Providers at a United Kingdom hospital found single-use flexible cystoscopes to be more cost-effective than traditional reusable options.
And, if given the choice, patients at the institution would prefer their cystoscopies be performed with the single-use scopes.
That’s according to a study conducted at Hereford County Hospital, which became the first in the country to use the Ambu aScope 4 Cysto, a single-use cystoscope, in clinical practice. The report, published in the Journal of Endoluminal Endourology, analyzed cost, service, and patient satisfaction following the transition to single-use cystoscopy.
“Single-use disposable flexible cystoscopes offer the advantage of consistent image quality, guaranteed sterility, and increased productivity by eliminating the need for reprocessing, maintenance and repairs,” the authors concluded.
As part of the study, patients answered survey questions about their experiences with a single-use cystoscope and reusable device. A vast majority — 95 percent — reported they preferred the single-use option.
Those who underwent the procedure with single-use reported a mean satisfaction score of 9.65 (8-10 range) while patients treated with the reusable scope had a 9.05 satisfaction score (6-10 range).
The authors write that, in addition to patient satisfaction and cost reduction, single-use cystoscopes eliminate the risk of cross-contamination, offer consistent quality (without the chance of wear and tear), convenience, and portability.
All of these benefits help reduce costs.
In fact, the authors found that a cystoscopy using the single-use scope cost nearly 20 percent less than one with a traditional reusable alternative.
In 2020, the department performed 699 flexible cystoscopies with six reusable cystoscopes. At least one cystoscope was out of service on 13 occasions.
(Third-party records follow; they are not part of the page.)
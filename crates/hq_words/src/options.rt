//! What the words of the program are given, as `clap` has it.

ghost use Rattle.std.specs.Prelude.{◌≡◌, option_map};
ghost use Rattle.clap.specs.Matches.{found_of};
ghost use Rattle.clap.specs.Walk.{first_of, rows_of};
ghost use Rattle.hq_words.specs.Asked.{IsMoment, IsNumber, ServeIs, SweepIs, key_given, given_of};
ghost use Rattle.hq_words.specs.Asked.{check_of, usage_of, import_of, migrate_of};
ghost use Rattle.hq_words.specs.Given.{key_of_two, any_key_in, one_key_in, serve_in, batch_in};
ghost use Rattle.hq_words.specs.Given.{check_in, usage_in, import_in, sweep_in};
ghost use Rattle.hq_words.specs.Given.{migrate_in};

use clap::ArgMatches;
use hq_values::Moment;

/// Where the key of the relay's workers is.
#[derive(Clone, Copy, Debug, PartialEq, Eq, Drop)]
pub enum RelayKey<'w> {
    /// In the words: the key itself, as it was written.
    Given(&'w str),
    /// In a file, of this path.
    InFile(&'w str),
}

/// What the word `serve` is given: its numbers, and the others as they were written: none of them
/// was looked at yet.
#[derive(Clone, Copy, Debug, PartialEq, Eq, Drop)]
pub struct Serve<'w> {
    /// The path of the file of the customers.
    pub directory: &'w str,
    /// The path of the file of the keys that customers have beside their own, where there is one.
    pub keys: Option<&'w str>,
    /// The name of the relay.
    pub host: &'w str,
    /// The key of the relay's workers.
    pub relay_key: RelayKey<'w>,
    /// The path of the store, where there is one; else the desk stands in memory.
    pub store: Option<&'w str>,
    /// The address to listen on.
    pub listen: &'w str,
    /// How many connections are served.
    pub count: u32,
    /// How long a client may take from one byte to the next, in seconds.
    pub idle_timeout: u32,
    /// How long a client may take to send its whole request, in seconds.
    pub request_timeout: u32,
    /// The path of the file that exchanges are told to, `-` for standard error, where there is one.
    pub log: Option<&'w str>,
}

/// What the word `batch` is given, as it was written: none of it was looked at yet.
#[derive(Clone, Copy, Debug, PartialEq, Eq, Drop)]
pub struct Batch<'w> {
    /// The path of the file of the customers.
    pub directory: &'w str,
    /// The path of the file of the keys that customers have beside their own, where there is one.
    pub keys: Option<&'w str>,
    /// The name of the relay.
    pub host: &'w str,
    /// The key of the relay's workers.
    pub relay_key: RelayKey<'w>,
    /// The path of the store, where there is one; else the desk stands in memory.
    pub store: Option<&'w str>,
    /// The path of the file that exchanges are told to, `-` for standard error, where there is one.
    pub log: Option<&'w str>,
}

/// What the word `check` is given, as it was written.
#[derive(Clone, Copy, Debug, PartialEq, Eq, Drop)]
pub struct Check<'w> {
    /// The path of the file of the customers.
    pub directory: &'w str,
    /// The path of the file of the keys that customers have beside their own, where there is one.
    pub keys: Option<&'w str>,
    /// The name of the relay.
    pub host: &'w str,
    /// The key of the relay's workers, where one is given.
    pub relay_key: Option<RelayKey<'w>>,
}

/// What the word `usage` is given, as it was written.
#[derive(Clone, Copy, Debug, PartialEq, Eq, Drop)]
pub struct UsageWord<'w> {
    /// The path of the file of the customers.
    pub directory: &'w str,
    /// The path of the store.
    pub store: &'w str,
}

/// What the word `import` is given, as it was written.
#[derive(Clone, Copy, Debug, PartialEq, Eq, Drop)]
pub struct Import<'w> {
    /// The path of the file of the customers.
    pub directory: &'w str,
    /// The path of the store.
    pub store: &'w str,
    /// The name of the customer.
    pub customer: &'w str,
    /// What the import goes by.
    pub label: &'w str,
    /// The path of the file of the lines.
    pub file: &'w str,
}

/// What the word `sweep` is given: its moment, and the others as they were written.
#[derive(Clone, Copy, Debug, PartialEq, Eq, Drop)]
pub struct Sweep<'w> {
    /// The path of the file of the customers.
    pub directory: &'w str,
    /// The name of the relay.
    pub host: &'w str,
    /// The path of the store.
    pub store: &'w str,
    /// The name of the customer, where one is named; else all customers are swept.
    pub customer: Option<&'w str>,
    /// When it is swept.
    pub at: Moment,
}

/// What the word `migrate` is given, as it was written.
#[derive(Clone, Copy, Debug, PartialEq, Eq, Drop)]
pub struct Migrate<'w> {
    /// The path of the store.
    pub store: &'w str,
}

/// The first value of an option.
pub(crate) fn value<'w>(given: &ArgMatches<'w>, option: &str) -> Option<&'w str>
    ensures { option_map (λ s. s.now) result
        ≡ first_of option.now (rows_of (found_of given.now)) }
{
    given.get_str(option)
}

/// The moment that a text of seconds since 1970 names.
pub(crate) fn moment_in(text: &str) -> Option<Moment>
    ensures { IsMoment text.now result }
{
    match text.parse::<u64>() {
        Ok(seconds) => Moment::new(seconds),
        Err(_) => None,
    }
}

/// The number that a text of decimal digits names.
fn number_in(text: &str) -> Option<u32>
    ensures { IsNumber text.now result }
{
    text.parse::<u32>().ok()
}

/// The key that the values of two options name, where it is not more than one of them.
fn key_of_two<'w>(text: Option<&'w str>, path: Option<&'w str>) -> Option<Option<RelayKey<'w>>>
    ensures { option_map (option_map key_given) result
        ≡ key_of_two (option_map (λ t. t.now) text.entry)
        (option_map (λ p. p.now) path.entry) }
{
    match (text, path) {
        (None, None) => Some(None),
        (Some(text), None) => Some(Some(RelayKey::Given(text))),
        (None, Some(path)) => Some(Some(RelayKey::InFile(path))),
        (Some(_), Some(_)) => None,
    }
}

/// The key of the relay's workers, where one is given; and not twice.
fn any_key_in<'w>(given: &ArgMatches<'w>) -> Option<Option<RelayKey<'w>>>
    ensures { option_map (option_map key_given) result ≡ any_key_in (rows_of (found_of given.now)) }
{
    let text = value(given, "relay-key");
    let path = value(given, "relay-key-file");
    key_of_two(text, path)
}

/// The key of the relay's workers, which has to be given once.
fn one_key_in<'w>(given: &ArgMatches<'w>) -> Option<RelayKey<'w>>
    ensures { option_map key_given result ≡ one_key_in (rows_of (found_of given.now)) }
{
    any_key_in(given)?
}

/// What matches give the word `serve`.
pub(crate) fn serve_in<'w>(given: &ArgMatches<'w>) -> Option<Serve<'w>>
    ensures { ServeIs (serve_in (rows_of (found_of given.now))) result }
{
    let directory = value(given, "directory")?;
    let keys = value(given, "keys");
    let host = value(given, "host")?;
    let relay_key = one_key_in(given)?;
    let store = value(given, "store");
    let listen = value(given, "listen")?;
    let count = value(given, "count")?;
    let idle_timeout = value(given, "idle-timeout")?;
    let request_timeout = value(given, "request-timeout")?;
    let log = value(given, "log");
    Some(Serve {
        directory,
        keys,
        host,
        relay_key,
        store,
        listen,
        count: number_in(count)?,
        idle_timeout: number_in(idle_timeout)?,
        request_timeout: number_in(request_timeout)?,
        log,
    })
}

/// What matches give the word `batch`.
pub(crate) fn batch_in<'w>(given: &ArgMatches<'w>) -> Option<Batch<'w>>
    ensures { option_map given_of result ≡ batch_in (rows_of (found_of given.now)) }
{
    let directory = value(given, "directory")?;
    let keys = value(given, "keys");
    let host = value(given, "host")?;
    let relay_key = one_key_in(given)?;
    let store = value(given, "store");
    let log = value(given, "log");
    Some(Batch {
        directory,
        keys,
        host,
        relay_key,
        store,
        log,
    })
}

/// What matches give the word `check`.
pub(crate) fn check_in<'w>(given: &ArgMatches<'w>) -> Option<Check<'w>>
    ensures { option_map check_of result ≡ check_in (rows_of (found_of given.now)) }
{
    let directory = value(given, "directory")?;
    let keys = value(given, "keys");
    let host = value(given, "host")?;
    let relay_key = any_key_in(given)?;
    Some(Check {
        directory,
        keys,
        host,
        relay_key,
    })
}

/// What matches give the word `usage`.
pub(crate) fn usage_in<'w>(given: &ArgMatches<'w>) -> Option<UsageWord<'w>>
    ensures { option_map usage_of result ≡ usage_in (rows_of (found_of given.now)) }
{
    let directory = value(given, "directory")?;
    let store = value(given, "store")?;
    Some(UsageWord { directory, store })
}

/// What matches give the word `import`.
pub(crate) fn import_in<'w>(given: &ArgMatches<'w>) -> Option<Import<'w>>
    ensures { option_map import_of result ≡ import_in (rows_of (found_of given.now)) }
{
    let directory = value(given, "directory")?;
    let store = value(given, "store")?;
    let customer = value(given, "customer")?;
    let label = value(given, "label")?;
    let file = value(given, "file")?;
    Some(Import {
        directory,
        store,
        customer,
        label,
        file,
    })
}

/// What matches give the word `sweep`.
pub(crate) fn sweep_in<'w>(given: &ArgMatches<'w>) -> Option<Sweep<'w>>
    ensures { SweepIs (sweep_in (rows_of (found_of given.now))) result }
{
    let directory = value(given, "directory")?;
    let host = value(given, "host")?;
    let store = value(given, "store")?;
    let customer = value(given, "customer");
    let at = moment_in(value(given, "at")?)?;
    Some(Sweep {
        directory,
        host,
        store,
        customer,
        at,
    })
}

/// What matches give the word `migrate`.
pub(crate) fn migrate_in<'w>(given: &ArgMatches<'w>) -> Option<Migrate<'w>>
    ensures { option_map migrate_of result ≡ migrate_in (rows_of (found_of given.now)) }
{
    let store = value(given, "store")?;
    Some(Migrate { store })
}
The study calculated the procedure-to-failure rate to be 53.77 in 2020.
Cleaning each scope took eight minutes for washing followed by a 17-minute cycle in an automated endoscope reprocessor. By removing the disruption of service caused by damage to reusable scopes and the time of reprocessing, the authors discovered they were able to increase productivity from eight cystoscopy procedures per session to 10 with the single-use cystoscopes.
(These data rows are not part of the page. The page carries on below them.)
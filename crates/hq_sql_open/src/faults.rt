//! Errors of the store as faults.

ghost use Rattle.std.specs.Prelude.{◌≡◌};
ghost use Rattle.hq_sql_open.specs.Faults.{fault_in};

use hq_values::Fault;
use sqlite::{Error, ErrorCode};

/// The fault of an error: 90 `WantOfMemory` for want of memory, 91 `Disk` for any other.
pub fn fault_of(error: Error) -> Fault
    ensures { result ≡ fault_in error }
{
    match error {
        Error::SqliteFailure(ErrorCode::OutOfMemory) => Fault::WantOfMemory,
        _ => Fault::Disk,
    }
}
The reusable scopes undergo high-level disinfection rather than sterilization, so “there is always a chance of cross-contamination between patients,” the authors explain. Despite this risk, flexible cystoscopy has a low risk of urinary tract infection, which the British Association of Urological Surgeons estimates to be between one in 50 and one in 100 patients.
One of the study’s four authors disclosed a relationship with Ambu, a single-use endoscope manufacturer and the maker of the aScope 4 Cysto used in the study.